Conservation of motion and basketball shot

[xdctassonx]

A basketball of mass 0.624 kg is shot from a vertical height of 1.55 m and at a speed of 12.1 m/s. After reaching its maximum height, the ball moves into the hoop on its downward path, at 3.05 m above the ground. Using the principle of energy conservation, determine how fast the ball is moving just before it enters the hoop.

v=√(v0^2+2g(y0-y))

I've tried plugging the numbers in an I come up with an answer of 13.26 m/s. However this is incorrect. I believe I might be thinking of where the ball is being shot from differently.

v=√((12.1^2)+2(9.81)(1.55-3.05)

Any help would be appreciated. Thanks, Dominic.

 

[phyzguy]

A basketball of mass 0.624 kg is shot from a vertical height of 1.55 m and at a speed of 12.1 m/s. After reaching its maximum height, the ball moves into the hoop on its downward path, at 3.05 m above the ground. Using the principle of energy conservation, determine how fast the ball is moving just before it enters the hoop.

v=√(v0^2+2g(y0-y))

I've tried plugging the numbers in an I come up with an answer of 13.26 m/s. However this is incorrect. I believe I might be thinking of where the ball is being shot from differently.

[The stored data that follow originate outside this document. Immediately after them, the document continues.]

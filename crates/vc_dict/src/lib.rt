//! Dictionaries of holders by seven methods: sets and bags, ordered sets and bags, lists, stacks and queues. View paths
//! through dictionaries are handed on.
#![tactic(auto)]

mod chained;
mod dict;
mod dicts;
mod dropping;
mod flat;
mod form;
mod forming;
mod heads;
mod matching;
mod neighbours;
mod pass;
mod places;
mod remethod;
mod rows;
mod seeking;
mod weeded;

pub use dict::{Dict, Dropped, after_dropped};
pub use dicts::Dicts;
pub use form::Form;
pub use heads::Heads;
pub use rows::{insert_rows, list_rows, order_rows, remove_rows, table_rows};
pub use vc_base::DictMethod;
pub use vc_paths::{Layers, Paths, ViewFault, first, last, next, prev, search, walk_next};
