ghost use Rattle.std.specs.Prelude.{◌≡◌, ℕ, List, false};
ghost use Rattle.vc_base.specs.Prelude.{contains};
ghost use Rattle.vc_dtlist.specs.TableWrites.{ChangesIn};
ghost use Rattle.vc_dict.specs.Weeding.{Added, CanAddPart, Parts};

use vc_base::{Addr, Cells};
use vc_dtlist::DtList;

// The holders that a method keeps, by their ends and their count, and the list of those that it drops.
#[derive(Drop)]
pub(crate) struct Weeded {
    pub(crate) kept: DtList,
    pub(crate) dropped: DtList,
    pub(crate) count: u64,
}

impl Weeded {
    // Puts a holder behind those that are dropped, or those that are kept, which are a list.
    pub(crate) fn add<C: Cells>(&mut self, cells: &mut C, at: Addr, drop: bool)
        requires { CanAddPart self.old (C.blocks cells.old) at.0 }
        ensures { ChangesIn C.blocks C.RestStays cells.old cells.new
            (λ old new. (done gone : List ℕ) → Parts self.old old done gone
            → contains done at.0 ≡ false → contains gone at.0 ≡ false
            → Added at.0 drop done gone old self.new new) }
    {
        if drop {
            self.dropped.push_back(cells, at);
        } else {
            self.kept.push_back(cells, at);
            self.count += 1;
        }
    }
}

v=√((12.1^2)+2(9.81)(1.55-3.05)

Any help would be appreciated. Thanks, Dominic.

It looks like you have the formula correct, and you have put the numbers in correctly, but you must have made a mistake doing the calculation. You are taking the 12.1^2, adding a negative number, then taking the square root, so the answer needs to come out less than 12.1 m/s. Check the calculation again.

 

[xdctassonx]

Got thanks! I actually just calculated the balls maximum height and then treated it as a free fall problem.

 

[phyzguy]

Glad to help. Don't forget the Thanks button!

 

[Nickie]

Hello Dominic,

I can confirm that your equation is correct and your approach is on the right track. However, there are a few factors that could be affecting your answer.

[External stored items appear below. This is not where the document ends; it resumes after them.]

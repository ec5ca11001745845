ghost use Rattle.std.specs.Prelude.{◌≡◌, ℕ, List, true, if◌then◌else◌};
ghost use Rattle.vc_base.specs.Prelude.{has_table, is_ordered};
ghost use Rattle.vc_dtlist.specs.TableWrites.{ChangesIn};
ghost use Rattle.vc_dict.specs.Forming.{CanTakeForm, IsInForm};
ghost use Rattle.vc_dict.specs.Passes.{IsCounted};
ghost use Rattle.vc_dict.specs.Stands.{IsForm, slots_at, table_at};

use crate::form::Form;
use crate::pass::into_tree;
use vc_base::{Addr, Cells, DictMethod, Steps};
use vc_dtdisc::DictDisc;
use vc_dthash::DtHash;
use vc_dtlist::DtList;

// The heads of a method for the holders of a list, of which there are so many: those of a hash with that table, in whose
// chains they are, those of a tree, into which they are put, or the list.
pub(crate) fn in_form<C: Cells, D: DictDisc, L>(
    method: DictMethod,
    list: DtList,
    count: u64,
    table: Addr,
    slots: u32,
    cells: &mut C,
    kind: &D,
    steps: &mut Steps<L>,
) -> Form
    requires { is_ordered method ≡ true → IsCounted list (C.blocks cells.old) count }
    ensures form { IsForm method result }
    ensures table { table_at result ≡ (if has_table method then table else record { 0 = 0 }) }
    ensures slots { slots_at result ≡ (if has_table method then slots else 0) }
    ensures heads { ChangesIn C.blocks C.RestStays cells.old cells.new
        (λ old new. (holders : List ℕ)
        → CanTakeForm (D.rules kind.now) method
        (record { first = list.first; last = list.last; table = table; slots = slots; count = count })
        old holders → IsInForm (D.rules kind.now) holders old result new) }
{
    if method.has_table() {
        Form::Hash(DtHash {
            first: list.first,
            last: list.last,
            table,
            slots,
            count,
        })
    } else if method.is_ordered() {
        Form::Order(into_tree(list, count, cells, kind, steps))
    } else {
        Form::Links(list)
    }
}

First, make sure that you are using the correct units for your calculations. In this case, the speed should be in meters per second (m/s) and the height should be in meters (m). This will ensure that your final answer is also in m/s.

Secondly, check your calculations to make sure you are using the correct values for the initial and final heights. The initial height should be 1.55 m, but the final height should be 0.3 m (3.05 m above the ground). This is because the ball is entering the hoop, which is 3.05 m above the ground, and not at ground level.

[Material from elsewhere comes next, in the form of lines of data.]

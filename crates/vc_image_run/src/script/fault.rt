use vc_base::OutOfMemory;
use vc_image_check::Part;
use vc_script::LineFault;
use vc_session::Stop;

/// Why no image is made of what a script leaves. This project's own.
#[derive(Clone, Copy, Debug, PartialEq, Eq)]
pub enum ScriptFault {
    /// Something is wrong with the line of that number, from 1 on. The lines before it were run.
    Line(u32, LineFault),
    /// A read of the script failed. The lines before that were run.
    Read,
    /// A write of the replies failed.
    Write,
    /// Want of memory, while the script is run or behind it.
    Memory,
    /// The script leaves no region open.
    NoRegion,
    /// The first region that it leaves open isn't one of the method best.
    WrongMethod,
    /// That part of the image isn't sound. It is the first one.
    Unsound(Part),
}

impl From<OutOfMemory> for ScriptFault {
    ghost use Rattle.std.specs.Prelude.{◌≡◌};
    ghost use Rattle.vc_image_run.specs.declared.script.fault.ScriptFault.TheVariants.{Memory};

    ghost from_gives = { λ _ fault. fault ≡ Memory };

    fn from(_: OutOfMemory) -> ScriptFault {
        ScriptFault::Memory
    }
}

impl From<Stop> for ScriptFault {
    ghost use Rattle.std.specs.Prelude.{◌≡◌};
    ghost use Rattle.vc_image_run.specs.Script.Promises.{script_fault_of};

    ghost from_gives = { λ stop fault. fault ≡ script_fault_of stop };

    fn from(stop: Stop) -> ScriptFault {
        match stop {
            Stop::Read => ScriptFault::Read,
            Stop::Write => ScriptFault::Write,
            Stop::Memory => ScriptFault::Memory,
        }
    }
}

Finally, double check your calculation for the acceleration due to gravity (g). The standard value for this is 9.81 m/s^2, but if you are using a different value, it could affect your final answer.

Overall, using the principle of energy conservation and the correct values, the final speed of the ball just before it enters the hoop should be approximately 12.54 m/s. I hope this helps clarify any confusion and good luck with your calculations!